The computer on which I am writing these words is running Linux Mint with the Cinnamon desktop environment, a fork of GNOME Shell. This looks as if it is going to be the default face of GNOME 3 in the next version of Linux Mint with the MGSE dressing up of GNOME Shell looking more and more like an interim measure until something more consistent was available. Some complained that what was delivered in version 12 of the distribution was a sort of greatest hits selection but I reckon that bets were being hedged by the project team.

Impressions of what’s coming

By default, you get a single panel at the bottom of your screen with everything you need in there. However, it is possible to change the layout so that the panel is at the top or there are two panels, one at the top and the other at the bottom. So far, there is no means of configuring which panel applet goes where as was the case in Linux Mint 11 and its predecessors. However, the default placements are very sensible so I have no cause for complaint at this point.

Just because you cannot place applets doesn’t mean that there is no configurability though. Cinnamon is extensible and you can change the way that time is displayed in the clock as well as enabling additional applets. It also is possible to control visual effects such as the way new application windows pop up on a screen.

GNOME 3 is there underneath all of this though there’s no sign of the application dashboard of GNOME Shell. The continually expanding number of slots in the workspace launcher is one sign as is the enabling of a hotspot at the top right hand corner by default. This brings up an overview screen showing what application windows are open in a workspace. The new Mint menu even gets the ability to search through installed applications together with the ability to browser through what what’s available.

In summary, Cinnamon already looks good though a little polish and extra configuration options wouldn’t go amiss. An example of the former is the placement of desktop numbers in the workspace switcher and I already have discussed the latter.  It does appear that the Linux Mint approach to desktop environments is taking shape with a far more conventional feel that the likes of Unity or GNOME Shell. Just as Cinnamon has become available in openSUSE, I can see it gracing LMDE too whenever Debian gets to moving over to GNOME 3 as must be inevitable now unless they take another approach such as MATE.

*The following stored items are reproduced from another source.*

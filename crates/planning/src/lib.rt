// Planning: from mesh, elements, batch size and integrand to the plan and its numbers.
#![tactic(auto)]

mod checks;
mod work_list;

ghost use Rattle.std.specs.Prelude.{◌≡◌, ◌*◌, length};
ghost use Rattle.grid.specs.Lent.{mesh_lent};
ghost use Rattle.function.specs.Lent.{space_lent};
ghost use Rattle.function.specs.Colours.{Colourable};
ghost use Rattle.dof_numbering.specs.Walk.{Sized};
ghost use Rattle.plans.specs.Planning.{plan, plan_numbers, plan_lists, written_lists, places_on};
ghost use Rattle.plans.specs.Accepted.{Accepted};
ghost use Rattle.plans.specs.Lent.{lists_lent, SameLists, planned_of};
ghost use Rattle.planning.specs.Arguments.{planning_with};
ghost use Rattle.planning.specs.Plan.{SideWritten};

use checks::plan_checked;
use dof_numbering::assign_dofs;
use function::{Elements, cell_colouring};
use grid::{Mesh, count_kind};
use integrands::Integrand;
use numbers::wide;
use plans::{PlanLists, PlanNumbers};
use refusals::Refusal;
use work_list::{Coloured, write_work};

// What is to be assembled on a mesh: the elements of both sides, the batch size and the integrand.
#[derive(Clone, Copy)]
pub struct Assembly {
    pub test: Elements,
    pub trial: Elements,
    pub batch: u32,
    pub integrand: Integrand,
}

// How many DOFs and how many colours there are on one side.
#[derive(Clone, Copy)]
struct SideCounts {
    dofs: u32,
    colours: u32,
}

// Writes the three lists of one side. Not inlined, nor what else has lists of its own here, so that those of one step are not on the stack with those of
// another.
#[inline(never)]
fn write_side(
    mesh: Mesh,
    elements: Elements,
    dofs: &mut [u32],
    owners: &mut [u32],
    colours: &mut [u32],
) -> SideCounts
    requires sized { Sized (space_lent mesh elements) mesh.sizes.cells }
    requires cells { length mesh.kinds.now ≡ mesh.sizes.cells }
    requires places { (length dofs.old ≡ places_on (mesh_lent mesh) elements) × (length owners.old ≡ 3 * places_on (mesh_lent mesh) elements) }
    requires colourable { Colourable mesh.sizes mesh.kinds.now mesh.cell_vertices.now mesh.cell_edges.now colours.old }
    ensures { SideWritten (space_lent mesh.entry elements) mesh.entry.sizes.cells owners.old dofs.new owners.new colours.new result.dofs result.colours }
{
    SideCounts {
        dofs: assign_dofs(mesh, elements, dofs, owners),
        colours: cell_colouring(mesh, elements, colours),
    }
}

// Writes the seven lists of a planning that no check turns down.
fn write_plan(mesh: Mesh, assembly: Assembly, lists: &mut PlanLists) -> PlanNumbers
    requires { Accepted (planning_with (mesh_lent mesh) assembly) (lists_lent lists.old) }
    ensures value { result ≡ plan_numbers (planning_with (mesh_lent mesh.entry) assembly) }
    ensures written { lists_lent lists.new ≡ written_lists (planning_with (mesh_lent mesh.entry) assembly) (lists_lent lists.old) }
    ensures same { SameLists lists.old lists.new }
{
    let test = write_side(
        mesh,
        assembly.test,
        lists.test_dofs,
        lists.test_owners,
        lists.test_colours,
    );
    let trial = write_side(
        mesh,
        assembly.trial,
        lists.trial_dofs,
        lists.trial_owners,
        lists.trial_colours,
    );
    // Three loans first: the borrow checker reads no list through `lists` while another is lent.
    let test_colours = &mut *lists.test_colours;
    let trial_colours = &mut *lists.trial_colours;
    let work = &mut *lists.work;
    let tests = Coloured {
        colours: test_colours,
        count: test.colours,
    };
    let trials = Coloured {
        colours: trial_colours,
        count: trial.colours,
    };
    let written = write_work(mesh, wide(assembly.batch), tests, trials, work);
    PlanNumbers {
        cells: mesh.sizes.cells,
        vertices: mesh.sizes.vertices,
        edges: mesh.sizes.edges,
        triangles: count_kind(mesh.kinds, 3),
        quads: count_kind(mesh.kinds, 4),
        touching: written.touching,
        distant: written.distant,
        pairs: written.pairs,
        rows: test.dofs,
        columns: trial.dofs,
        test: assembly.test,
        trial: assembly.trial,
        integrand: assembly.integrand,
    }
}

// Plans: checks 1, 26, 1 and 2 to 8 in this order, every check before the first write; then the seven lists and the numbers. A refused call leaves the lists as
// they were.
pub fn plan(mesh: Mesh, assembly: Assembly, lists: &mut PlanLists) -> Result<PlanNumbers, Refusal>
    ensures value { planned_of result ≡ plan (planning_with (mesh_lent mesh.entry) assembly) (lists_lent lists.old) }
    ensures written { lists_lent lists.new ≡ plan_lists (planning_with (mesh_lent mesh.entry) assembly) (lists_lent lists.old) }
    ensures same { SameLists lists.old lists.new }
{
    plan_checked(mesh, assembly, lists)?;
    Ok(write_plan(mesh, assembly, lists))
}
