// Two triangles that touch: their pattern, by the 27 cases of one and of two shared vertices, and check 7 of them. They are read from rows, whose first three
// numbers are the vertices.
#![tactic(auto)]

ghost use Rattle.std.specs.Prelude.{◌≡◌, true, ℕ, ◌+◌, ◌*◌, ◌≤◌, ◌<◌, length};
ghost use Rattle.grid.specs.Cells.{distinct};
ghost use Rattle.grid.specs.Rows.{entity};
ghost use Rattle.cell_pairs.specs.Patterns.{cells_pattern};
ghost use Rattle.cell_pairs.specs.Records.{IsPattern};
ghost use Rattle.cell_pairs.specs.Table.{pattern, number_of};
ghost use Rattle.cell_pairs.specs.MatchesFacts.{place, matches_at, Places};
ghost use Rattle.triangle_patterns.specs.Triangles.{three, cells_right};
ghost use Rattle.triangle_patterns.specs.TrianglesFacts.{three_pattern};

use grid::Rows;

// The place of the vertex x in a triangle, 3 where it has none. A number and not an Option, since it is two bits of a case, and three tests are no
// longer than a search.
fn place_of(rows: Rows, cell: usize, x: u32) -> u32
    requires { 4 * cell + 4 ≤ length rows.rows.now }
    ensures { result ≡ place (three rows.entry.rows.now cell) x }
{
    let at = 4 * cell;
    if rows.rows[at] == x {
        return 0;
    }
    if rows.rows[at + 1] == x {
        return 1;
    }
    if rows.rows[at + 2] == x {
        return 2;
    }
    3
}

// The pattern of three shared vertices; none where they stand in another order, and where none is shared.
fn all_three(a: u32, b: u32, c: u32) -> Option<u32>
    ensures { IsPattern result (three_pattern a b c) }
{
    if (a == 0) & (b == 1) & (c == 2) {
        Some(27)
    } else {
        None
    }
}

// The pattern of triangles whose trial vertices 0, 1 and 2 have the test places a, b and c, 3 for one that is not shared. A case is these three, two bits each,
// and beside it stands its list of (test place, trial place).
fn pattern_at(a: u32, b: u32, c: u32) -> Option<u32>
    requires { Places a b c }
    ensures { IsPattern result (number_of (pattern 3 3 (matches_at a b c))) }
{
    match 16 * a + 4 * b + c {
        0b00_11_11 => Some(0), // (0,0)
        0b11_00_11 => Some(1), // (0,1)
        0b11_11_00 => Some(2), // (0,2)
        0b01_11_11 => Some(3), // (1,0)
        0b11_01_11 => Some(4), // (1,1)
        0b11_11_01 => Some(5), // (1,2)
        0b10_11_11 => Some(6), // (2,0)
        0b11_10_11 => Some(7), // (2,1)
        0b11_11_10 => Some(8), // (2,2)
        0b11_01_10 => Some(9), // (1,1), (2,2)
        0b11_10_01 => Some(10), // (2,1), (1,2)
        0b01_11_10 => Some(11), // (1,0), (2,2)
        0b10_11_01 => Some(12), // (2,0), (1,2)
        0b01_10_11 => Some(13), // (1,0), (2,1)
        0b10_01_11 => Some(14), // (2,0), (1,1)
        0b11_00_10 => Some(15), // (0,1), (2,2)
        0b11_10_00 => Some(16), // (2,1), (0,2)
        0b00_11_10 => Some(17), // (0,0), (2,2)
        0b10_11_00 => Some(18), // (2,0), (0,2)
        0b00_10_11 => Some(19), // (0,0), (2,1)
        0b10_00_11 => Some(20), // (2,0), (0,1)
        0b11_00_01 => Some(21), // (0,1), (1,2)
        0b11_01_00 => Some(22), // (1,1), (0,2)
        0b00_11_01 => Some(23), // (0,0), (1,2)
        0b01_11_00 => Some(24), // (1,0), (0,2)
        0b00_01_11 => Some(25), // (0,0), (1,1)
        0b01_00_11 => Some(26), // (1,0), (0,1)
        _ => all_three(a, b, c),
    }
}

// The pattern of triangles i and j, if the table has it. Neither may have a vertex twice.
pub fn triangles_pattern(rows: Rows, i: usize, j: usize) -> Option<u32>
    requires i_in_bounds { (4 * i + 4 ≤ length rows.rows.now) × (4 * j + 4 ≤ length rows.rows.now) }
    requires i_value { (distinct (three rows.rows.now i) ≡ true) × (distinct (three rows.rows.now j) ≡ true) }
    ensures { IsPattern result (cells_pattern (three rows.entry.rows.now i) (three rows.entry.rows.now j)) }
{
    let at = 4 * j;
    let a = place_of(rows, i, rows.rows[at]);
    let b = place_of(rows, i, rows.rows[at + 1]);
    let c = place_of(rows, i, rows.rows[at + 2]);
    pattern_at(a, b, c)
}

// Check 7 of triangles i and j: the lists of two that share three vertices must be the same. The fourth number of row i is no vertex of j.
pub fn triangles_right(rows: Rows, i: usize, j: usize) -> bool
    requires i_in_bounds { (4 * i + 4 ≤ length rows.rows.now) × (4 * j + 4 ≤ length rows.rows.now) }
    requires i_value { (distinct (three rows.rows.now i) ≡ true) × (distinct (three rows.rows.now j) ≡ true) }
    requires by_index { (p : ℕ) → p < 3 → entity rows.rows.now j p ≡ entity rows.rows.now i 3 → ⊥ }
    ensures { result ≡ cells_right (three rows.entry.rows.now i) (three rows.entry.rows.now j) }
{
    let at = 4 * j;
    let x = rows.rows[at];
    if !rows.has_entity(i, x) {
        return true;
    }
    let y = rows.rows[at + 1];
    if !rows.has_entity(i, y) {
        return true;
    }
    let z = rows.rows[at + 2];
    if !rows.has_entity(i, z) {
        return true;
    }
    let own = 4 * i;
    (rows.rows[own] == x) & (rows.rows[own + 1] == y) & (rows.rows[own + 2] == z)
}
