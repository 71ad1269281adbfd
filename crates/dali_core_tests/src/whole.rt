//! Tests of `dali_core` over a store in memory.

#[cfg(test)]
mod tests;
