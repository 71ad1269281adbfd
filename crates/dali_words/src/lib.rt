//! Words of a region, values of 1 to 40 bytes, and what an operation does to the words of a region.
//!
//! A region has 64 words of 64 bits. A set of its words is a `u64` in which bit i stands for word i.
//! The exclusive-or of all words is the codeword by which damage is found (Bohannon et al., TKDE 2003).
#![tactic(auto)]

ghost use Rattle.std.specs.Prelude.{◌≡◌, ◌<◌, ◌≤◌, ◌+◌, ◌^◌, length};
ghost use Rattle.dali_words.specs.Values.{IsValue, value_of, packed, unpacked_value};
ghost use Rattle.dali_words.specs.Values;
ghost use Rattle.dali_words.specs.Words;
ghost use Rattle.dali_words.specs.Effects;

pub mod laws;

use byteorder::{BigEndian, ByteOrder};
use std::cmp::Ordering;
use std::marker::Model;

/// How many bytes a value has at most.
const MAX_SIZE: usize = 40;

/// A value: 1 to 40 bytes. Values are ordered byte by byte, a prefix first.
#[derive(Clone, Copy)]
pub struct Value {
    bytes: [u8; 40],
    count: u8,
}

impl Model for Value {
    ghost use Rattle.std.specs.Prelude.{List, ℕ, ◌≡◌, ◌≤◌, ◌<◌, ◌-◌, ◌++◌, take, length, replicate, All};
    ghost use Rattle.std.proofs.Common.{ap, sym, ◌∙◌, arith};
    ghost use Rattle.std.proofs.lemmas.List.{length-take-le};

    ghost Value = { List ℕ };

    ghost view = { λ v. take v.count v.bytes };

    ghost invariant = { λ v. (1 ≤ v.count) × (v.count ≤ 40) × (length v.bytes ≡ 40) × (v.bytes ≡ take v.count v.bytes ++ replicate (40 - v.count) 0) × All (λ b. b < 256) (take v.count v.bytes) };

    ghost inverse = { λ d. record { bytes = d ++ replicate (40 - length d) 0; count = length d } };

    ghost inverse_ok = { λ a h.
        let room : a.count ≤ length a.bytes = Prim.omega (arith, h.1, h.2) in
        let same : length (take a.count a.bytes) ≡ a.count = length-take-le a.count a.bytes room in
        let back : take a.count a.bytes ++ replicate (40 - length (take a.count a.bytes)) 0 ≡ a.bytes = ap (λ n. take a.count a.bytes ++ replicate (40 - n) 0) same ∙ sym h.3 in
        λ i. record { bytes = back i; count = same i } };
}

impl Value {
    /// The value of these bytes. None where they are fewer than 1 or more than 40.
    pub fn from_bytes(bytes: &[u8]) -> Option<Value>
        ensures { result ≡ value_of bytes.now }
    {
        if bytes.is_empty() || bytes.len() > MAX_SIZE {
            return None;
        }
        let mut padded = [0; 40];
        padded[..bytes.len()].copy_from_slice(bytes);
        Some(Value {
            bytes: padded,
            count: bytes.len() as u8,
        })
    }

    /// The bytes of the value.
    pub fn bytes(&self) -> &[u8]
        ensures same { result.now ≡ self.now }
        ensures value { IsValue self.now }
    {
        &self.bytes[..self.count as usize]
    }
}

impl PartialEq for Value {
    ghost use Rattle.std.specs.Prelude.{nat_eq};
    ghost use Rattle.std.specs.Cmp.{partial_equiv_from_equiv};
    ghost use Rattle.std.specs.Cmp.Lexicographic.{pointwise, nat_list_eq_equiv};

    ghost eq = { λ x y. pointwise nat_eq x y };

    ghost laws = { partial_equiv_from_equiv nat_list_eq_equiv };

    fn eq(&self, other: &Self) -> bool {
        self.bytes() == other.bytes()
    }
}

impl Eq for Value {
    ghost use Rattle.std.specs.Cmp.Lexicographic.{nat_list_eq_equiv};

    ghost laws = { nat_list_eq_equiv };
}

impl PartialOrd for Value {
    ghost use Rattle.std.specs.Prelude.{Some};
    ghost use Rattle.std.specs.Ordering.{nat_cmp};
    ghost use Rattle.std.specs.Cmp.Lexicographic.{slice_cmp, texts_po};

    ghost partial_cmp = { λ x y. Some (slice_cmp nat_cmp x y) };

    ghost laws = { texts_po };

    fn partial_cmp(&self, other: &Self) -> Option<Ordering> {
        Some(self.cmp(other))
    }
}

impl Ord for Value {
    ghost use Rattle.std.specs.Prelude.{refl};
    ghost use Rattle.std.specs.Ordering.{nat_cmp};
    ghost use Rattle.std.specs.Cmp.Lexicographic.{slice_cmp, nat_list_cmp_total, texts_ties};

    ghost cmp = { λ x y. slice_cmp nat_cmp x y };

    ghost total = { nat_list_cmp_total };

    ghost matches_partial_cmp = { λ x y. refl };

    ghost matches_eq = { λ x y. texts_ties x y };

    fn cmp(&self, other: &Self) -> Ordering {
        self.bytes().cmp(other.bytes())
    }
}

/// Whether a value may have this length: 1 to 40.
pub fn is_size(length: u64) -> bool
    ensures { result ≡ Values.is_size length }
{
    1 <= length && length <= MAX_SIZE as u64
}

/// The value as five words, the most significant byte of each first, padded with zero bytes.
pub fn pack(value: &Value) -> [u64; 5]
    ensures { result ≡ packed value.now }
{
    let mut words = [0; 5];
    BigEndian::read_u64_into(&value.bytes, &mut words);
    words
}

/// The value of the first `length` bytes of five words. None where `length` isn't 1 to 40.
/// The bytes behind them aren't looked at.
pub fn unpack(length: u64, words: &[u64; 5]) -> Option<Value>
    ensures { result ≡ unpacked_value length words.now }
{
    if !is_size(length) {
        return None;
    }
    let mut bytes = [0; 40];
    BigEndian::write_u64_into(words, &mut bytes);
    Value::from_bytes(&bytes[..length as usize])
}

/// What an operation does to the 64 words of a region.
#[derive(Clone, Copy, PartialEq, Eq)]
pub struct Effect {
    /// The set of the words that it reads. The words that it writes are among them.
    pub read: u64,
    /// The set of the words that it writes, also where a word keeps its value.
    pub write: u64,
    /// All words afterwards. Those that it doesn't write are as before.
    pub after: [u64; 64],
}

impl Effect {
    /// Reads the words in the set `read`, and writes none.
    pub fn reading(words: &[u64; 64], read: u64) -> Effect
        ensures { result ≡ Effects.reading words.now read }
    {
        Effect {
            read,
            write: 0,
            after: *words,
        }
    }

    /// Reads the words in the set `read`, and writes these over the words from `first` on. The caller
    /// names the written words among those read, as each operation on cells and entries does.
    pub fn writing(words: &[u64; 64], read: u64, first: u8, news: &[u64]) -> Effect
        requires { first + length news.now ≤ 64 }
        ensures { result ≡ Effects.writing words.now read first news.now }
    {
        let mut after = *words;
        let start = first as usize;
        after[start..start + news.len()].copy_from_slice(news);
        Effect {
            read,
            write: bits(first, news.len() as u8),
            after,
        }
    }
}

/// What killing a cell or an entry found.
#[derive(Clone, Copy, PartialEq, Eq)]
pub enum KillOutcome {
    /// The state isn't that of a live one.
    NotLive { state: u64 },
    /// It has another key.
    OtherKey { key: u64 },
    /// The length of the cell's value isn't 1 to 40.
    OddLength { length: u64 },
    /// It was killed.
    Killed,
}

/// The set of one word.
pub fn bit(word: u8) -> u64
    requires { word < 64 }
    ensures { result ≡ 2 ^ word }
{
    1 << word
}

/// The set of `count` words, from `first` on.
pub fn bits(first: u8, count: u8) -> u64
    requires { first + count ≤ 64 }
    ensures { result ≡ Words.mask_of (Words.row_of first count) }
{
    let mut set = 0;
    for word in first..first + count {
        set |= bit(word);
    }
    set
}

/// The exclusive-or of all words.
pub fn parity(words: &[u64; 64]) -> u64
    ensures { result ≡ Words.parity_of words.now }
{
    words.iter().fold(0, |all, word| all ^ *word)
}

/// The exclusive-or of the words in the set `mask`. It goes from one word of the set to the next, since an operation
/// reads few.
pub fn xor_under(words: &[u64; 64], mask: u64) -> u64
    ensures { result ≡ Words.xor_under mask words.now }
{
    let mut all = 0;
    let mut left = mask;
    while left != 0 {
        all ^= words[left.trailing_zeros() as usize];
        left &= left - 1;
    }
    all
}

In comparison with revolution

While Linux Mint are choosing convention and streamlining GNOME to their own designs, it seems that Ubuntu’s Unity is getting ever more experimental as the time when Ubuntu simply evolved from one release to the next becomes an increasingly more distant memory. The latest development is the announcement that application menus could get replaced by a heads up display (HUD) instead. That would be yet another change made by what increasingly looks like a top down leadership reminiscent of what exists at Apple. While it is good to have innovation, you have to ask where users fit in all of this but Linux Mint already has gained from what has been done so far and may gain more again. Still, seeing what happens to the Ubuntu sounds like an interesting pastime though I’m not sure that I’d be depending on the default spin of this distro as my sole operating system right now. Also, changing the interface every few months wouldn’t work in a corporate environment at all so you have to wonder where Mark Shuttleworth is driving all this though Microsoft is engaging in a bit of experimentation of its own. We are living in interesting times for the computer desktop and it’s just as well that there are safe havens like Linux Mint too. Watching from afar sounds safer.